Among the lines below, how many carry the string "choose"? Reply with a number and nothing else.
_ _ _ _
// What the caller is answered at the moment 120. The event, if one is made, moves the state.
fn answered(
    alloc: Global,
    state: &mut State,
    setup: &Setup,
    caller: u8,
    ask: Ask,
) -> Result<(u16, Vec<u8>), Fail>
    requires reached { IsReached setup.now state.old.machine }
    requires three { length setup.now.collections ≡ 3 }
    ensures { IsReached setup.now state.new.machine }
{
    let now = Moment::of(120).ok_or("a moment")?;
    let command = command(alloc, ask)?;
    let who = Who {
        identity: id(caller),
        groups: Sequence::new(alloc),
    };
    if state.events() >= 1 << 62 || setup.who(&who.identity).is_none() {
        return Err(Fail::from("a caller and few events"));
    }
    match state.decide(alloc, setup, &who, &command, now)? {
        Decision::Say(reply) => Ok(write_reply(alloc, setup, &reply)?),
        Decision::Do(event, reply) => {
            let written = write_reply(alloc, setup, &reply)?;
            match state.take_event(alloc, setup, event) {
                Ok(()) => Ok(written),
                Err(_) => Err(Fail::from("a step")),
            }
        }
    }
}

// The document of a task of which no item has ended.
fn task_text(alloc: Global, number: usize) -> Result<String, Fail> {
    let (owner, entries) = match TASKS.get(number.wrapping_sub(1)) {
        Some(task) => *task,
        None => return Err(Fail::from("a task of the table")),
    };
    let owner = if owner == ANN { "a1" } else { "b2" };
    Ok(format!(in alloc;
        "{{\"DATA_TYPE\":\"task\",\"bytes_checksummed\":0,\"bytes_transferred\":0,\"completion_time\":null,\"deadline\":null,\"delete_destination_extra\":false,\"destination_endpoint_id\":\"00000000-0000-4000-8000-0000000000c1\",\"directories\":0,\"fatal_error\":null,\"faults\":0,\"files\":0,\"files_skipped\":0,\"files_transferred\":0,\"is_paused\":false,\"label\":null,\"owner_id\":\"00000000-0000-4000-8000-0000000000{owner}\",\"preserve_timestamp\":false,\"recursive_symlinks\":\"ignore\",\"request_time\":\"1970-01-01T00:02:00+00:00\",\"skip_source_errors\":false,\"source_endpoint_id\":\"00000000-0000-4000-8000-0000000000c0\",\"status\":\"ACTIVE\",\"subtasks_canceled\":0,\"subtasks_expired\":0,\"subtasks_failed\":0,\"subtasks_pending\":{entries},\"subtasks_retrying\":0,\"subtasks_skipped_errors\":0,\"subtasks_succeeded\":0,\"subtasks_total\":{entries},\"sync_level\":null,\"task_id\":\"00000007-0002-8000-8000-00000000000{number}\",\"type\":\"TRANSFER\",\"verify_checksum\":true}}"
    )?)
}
_ _ _ _
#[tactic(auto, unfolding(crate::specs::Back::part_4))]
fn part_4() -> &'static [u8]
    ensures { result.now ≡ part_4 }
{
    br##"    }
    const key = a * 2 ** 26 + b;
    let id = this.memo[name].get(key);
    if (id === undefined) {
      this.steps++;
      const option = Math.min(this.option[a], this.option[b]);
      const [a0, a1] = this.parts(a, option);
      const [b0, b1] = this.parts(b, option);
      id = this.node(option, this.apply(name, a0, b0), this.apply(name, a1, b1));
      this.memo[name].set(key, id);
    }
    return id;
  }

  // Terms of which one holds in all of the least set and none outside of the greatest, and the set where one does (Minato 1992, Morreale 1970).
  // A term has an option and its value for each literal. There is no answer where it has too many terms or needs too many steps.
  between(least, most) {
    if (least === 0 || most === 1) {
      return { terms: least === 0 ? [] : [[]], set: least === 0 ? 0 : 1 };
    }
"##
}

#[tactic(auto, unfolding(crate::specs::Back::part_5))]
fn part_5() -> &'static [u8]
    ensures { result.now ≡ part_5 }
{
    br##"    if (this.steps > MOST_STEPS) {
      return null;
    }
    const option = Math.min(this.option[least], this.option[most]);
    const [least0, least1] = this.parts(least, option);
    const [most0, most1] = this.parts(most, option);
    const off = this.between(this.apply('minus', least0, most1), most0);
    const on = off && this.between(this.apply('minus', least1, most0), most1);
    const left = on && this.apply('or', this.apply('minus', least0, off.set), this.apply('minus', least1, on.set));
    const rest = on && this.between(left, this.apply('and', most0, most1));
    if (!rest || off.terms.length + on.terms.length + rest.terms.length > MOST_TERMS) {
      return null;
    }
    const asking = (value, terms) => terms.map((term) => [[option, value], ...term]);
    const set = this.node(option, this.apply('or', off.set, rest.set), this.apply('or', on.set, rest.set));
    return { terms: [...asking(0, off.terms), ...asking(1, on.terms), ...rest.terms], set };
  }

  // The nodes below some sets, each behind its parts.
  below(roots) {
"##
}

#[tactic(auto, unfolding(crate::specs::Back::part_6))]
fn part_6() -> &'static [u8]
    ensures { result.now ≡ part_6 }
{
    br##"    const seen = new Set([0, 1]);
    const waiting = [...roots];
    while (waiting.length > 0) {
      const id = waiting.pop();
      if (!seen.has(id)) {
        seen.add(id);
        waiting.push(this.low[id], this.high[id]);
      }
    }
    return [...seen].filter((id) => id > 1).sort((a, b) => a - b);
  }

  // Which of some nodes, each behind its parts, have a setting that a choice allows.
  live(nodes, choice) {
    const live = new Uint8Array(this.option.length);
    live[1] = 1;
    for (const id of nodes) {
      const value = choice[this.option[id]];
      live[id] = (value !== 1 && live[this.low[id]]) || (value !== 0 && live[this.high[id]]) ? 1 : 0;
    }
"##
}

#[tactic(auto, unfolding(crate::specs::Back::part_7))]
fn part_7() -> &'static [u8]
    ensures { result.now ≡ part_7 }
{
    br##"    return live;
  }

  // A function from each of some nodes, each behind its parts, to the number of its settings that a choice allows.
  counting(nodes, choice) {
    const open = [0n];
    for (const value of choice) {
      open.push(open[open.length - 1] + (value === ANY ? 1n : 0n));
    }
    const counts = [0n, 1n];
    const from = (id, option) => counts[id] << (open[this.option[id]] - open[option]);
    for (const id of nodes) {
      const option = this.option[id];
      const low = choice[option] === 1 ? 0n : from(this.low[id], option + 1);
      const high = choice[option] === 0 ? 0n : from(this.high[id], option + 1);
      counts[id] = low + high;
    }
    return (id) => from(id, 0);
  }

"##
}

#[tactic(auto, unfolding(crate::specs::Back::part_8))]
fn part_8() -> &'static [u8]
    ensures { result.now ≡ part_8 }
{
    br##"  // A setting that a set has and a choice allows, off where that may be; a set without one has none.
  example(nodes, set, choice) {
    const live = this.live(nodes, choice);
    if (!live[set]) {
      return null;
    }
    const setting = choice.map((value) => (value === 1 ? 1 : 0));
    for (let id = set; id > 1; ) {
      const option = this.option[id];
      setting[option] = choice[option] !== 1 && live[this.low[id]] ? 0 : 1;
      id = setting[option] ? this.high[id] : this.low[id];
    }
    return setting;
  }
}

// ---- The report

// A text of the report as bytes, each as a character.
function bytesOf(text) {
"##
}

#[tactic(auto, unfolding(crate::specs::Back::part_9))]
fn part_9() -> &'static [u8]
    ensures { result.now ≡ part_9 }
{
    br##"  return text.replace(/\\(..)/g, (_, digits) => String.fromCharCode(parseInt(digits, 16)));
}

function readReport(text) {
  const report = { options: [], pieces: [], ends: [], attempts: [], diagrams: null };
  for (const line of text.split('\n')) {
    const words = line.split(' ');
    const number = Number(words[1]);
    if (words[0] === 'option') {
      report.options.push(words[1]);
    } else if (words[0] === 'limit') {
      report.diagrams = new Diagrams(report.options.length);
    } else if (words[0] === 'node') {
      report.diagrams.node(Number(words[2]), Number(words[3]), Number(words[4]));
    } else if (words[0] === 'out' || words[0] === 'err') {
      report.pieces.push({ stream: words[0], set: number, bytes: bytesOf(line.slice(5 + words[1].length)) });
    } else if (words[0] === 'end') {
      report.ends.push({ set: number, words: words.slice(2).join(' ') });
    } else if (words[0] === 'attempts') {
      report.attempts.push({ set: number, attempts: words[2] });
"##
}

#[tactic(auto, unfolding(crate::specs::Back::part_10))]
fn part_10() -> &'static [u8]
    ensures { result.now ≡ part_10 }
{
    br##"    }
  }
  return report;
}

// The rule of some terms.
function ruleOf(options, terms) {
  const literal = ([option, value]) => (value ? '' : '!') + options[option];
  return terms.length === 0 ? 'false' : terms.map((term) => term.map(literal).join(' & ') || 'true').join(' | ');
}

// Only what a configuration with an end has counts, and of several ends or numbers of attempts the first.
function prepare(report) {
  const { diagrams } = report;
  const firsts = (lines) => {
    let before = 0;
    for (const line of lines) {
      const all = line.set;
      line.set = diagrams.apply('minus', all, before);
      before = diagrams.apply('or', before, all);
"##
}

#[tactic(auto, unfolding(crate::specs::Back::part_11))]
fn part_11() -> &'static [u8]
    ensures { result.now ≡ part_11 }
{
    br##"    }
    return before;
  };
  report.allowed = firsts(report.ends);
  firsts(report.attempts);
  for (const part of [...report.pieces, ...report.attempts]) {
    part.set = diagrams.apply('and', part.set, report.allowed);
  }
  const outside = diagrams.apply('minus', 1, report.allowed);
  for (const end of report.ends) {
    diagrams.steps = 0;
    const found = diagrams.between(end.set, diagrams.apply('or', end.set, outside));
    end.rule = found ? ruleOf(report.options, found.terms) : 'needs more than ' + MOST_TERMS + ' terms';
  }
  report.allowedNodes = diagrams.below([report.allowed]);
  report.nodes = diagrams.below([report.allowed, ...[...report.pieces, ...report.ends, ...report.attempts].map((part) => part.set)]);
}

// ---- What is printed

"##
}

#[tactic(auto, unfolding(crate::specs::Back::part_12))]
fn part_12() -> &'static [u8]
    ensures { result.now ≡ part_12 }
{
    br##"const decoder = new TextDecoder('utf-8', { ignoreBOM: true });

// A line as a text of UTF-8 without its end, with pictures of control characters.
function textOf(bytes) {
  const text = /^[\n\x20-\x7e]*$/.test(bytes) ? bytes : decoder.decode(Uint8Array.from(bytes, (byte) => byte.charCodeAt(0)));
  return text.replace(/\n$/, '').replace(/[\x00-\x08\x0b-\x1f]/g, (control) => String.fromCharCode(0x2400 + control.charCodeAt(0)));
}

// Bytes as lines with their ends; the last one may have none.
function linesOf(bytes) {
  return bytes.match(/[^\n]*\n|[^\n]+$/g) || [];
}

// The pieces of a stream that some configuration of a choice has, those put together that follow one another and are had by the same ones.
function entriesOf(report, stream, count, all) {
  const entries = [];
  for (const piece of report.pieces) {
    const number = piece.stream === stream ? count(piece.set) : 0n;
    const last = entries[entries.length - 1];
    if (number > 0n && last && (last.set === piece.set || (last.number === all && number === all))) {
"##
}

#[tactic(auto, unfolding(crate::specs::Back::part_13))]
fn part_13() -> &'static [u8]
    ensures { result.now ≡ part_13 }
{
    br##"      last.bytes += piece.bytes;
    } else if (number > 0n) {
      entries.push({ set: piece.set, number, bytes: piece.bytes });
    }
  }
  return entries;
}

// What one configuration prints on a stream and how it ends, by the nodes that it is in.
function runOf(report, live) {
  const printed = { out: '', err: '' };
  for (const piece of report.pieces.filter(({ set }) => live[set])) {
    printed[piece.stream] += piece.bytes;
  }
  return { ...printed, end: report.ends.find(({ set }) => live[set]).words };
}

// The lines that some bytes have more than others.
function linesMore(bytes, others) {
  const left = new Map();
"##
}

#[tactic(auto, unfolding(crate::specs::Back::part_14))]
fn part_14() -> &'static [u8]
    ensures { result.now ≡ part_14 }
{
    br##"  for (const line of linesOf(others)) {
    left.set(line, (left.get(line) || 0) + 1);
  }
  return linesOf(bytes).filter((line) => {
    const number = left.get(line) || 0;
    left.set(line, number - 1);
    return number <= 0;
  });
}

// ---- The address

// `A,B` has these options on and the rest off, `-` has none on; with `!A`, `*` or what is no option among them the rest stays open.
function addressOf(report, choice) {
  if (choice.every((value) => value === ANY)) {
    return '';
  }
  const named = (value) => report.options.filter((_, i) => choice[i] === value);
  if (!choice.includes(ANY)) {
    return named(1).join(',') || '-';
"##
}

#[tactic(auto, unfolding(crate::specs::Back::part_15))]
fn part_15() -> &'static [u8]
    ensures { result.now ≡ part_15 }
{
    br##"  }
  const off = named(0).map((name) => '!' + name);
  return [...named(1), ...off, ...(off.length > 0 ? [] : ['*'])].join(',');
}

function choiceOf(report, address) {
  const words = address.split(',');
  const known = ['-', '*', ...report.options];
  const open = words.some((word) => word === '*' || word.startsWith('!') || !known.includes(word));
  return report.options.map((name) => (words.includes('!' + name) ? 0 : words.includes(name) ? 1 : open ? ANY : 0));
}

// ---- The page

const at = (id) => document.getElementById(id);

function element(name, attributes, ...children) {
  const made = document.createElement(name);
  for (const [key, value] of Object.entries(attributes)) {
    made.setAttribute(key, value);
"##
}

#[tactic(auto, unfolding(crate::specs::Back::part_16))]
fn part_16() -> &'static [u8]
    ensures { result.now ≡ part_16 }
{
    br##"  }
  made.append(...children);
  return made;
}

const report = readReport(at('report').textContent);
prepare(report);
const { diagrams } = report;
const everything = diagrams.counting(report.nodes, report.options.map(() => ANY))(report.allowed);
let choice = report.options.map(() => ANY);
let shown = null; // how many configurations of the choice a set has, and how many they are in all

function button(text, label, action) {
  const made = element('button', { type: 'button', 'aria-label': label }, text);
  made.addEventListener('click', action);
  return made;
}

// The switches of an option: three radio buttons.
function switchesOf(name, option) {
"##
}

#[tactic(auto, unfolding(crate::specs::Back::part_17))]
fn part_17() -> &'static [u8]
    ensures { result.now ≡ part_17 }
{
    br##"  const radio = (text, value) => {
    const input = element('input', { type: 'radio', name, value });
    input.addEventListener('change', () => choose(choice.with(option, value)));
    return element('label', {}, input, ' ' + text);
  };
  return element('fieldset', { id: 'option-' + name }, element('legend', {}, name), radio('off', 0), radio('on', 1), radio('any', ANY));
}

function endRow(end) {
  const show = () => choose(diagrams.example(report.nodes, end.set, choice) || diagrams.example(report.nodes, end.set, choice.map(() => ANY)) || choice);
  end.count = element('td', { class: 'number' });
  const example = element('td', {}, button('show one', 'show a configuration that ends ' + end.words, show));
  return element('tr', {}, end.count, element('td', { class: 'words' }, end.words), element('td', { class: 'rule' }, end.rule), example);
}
_ _ _ _
Written response:
2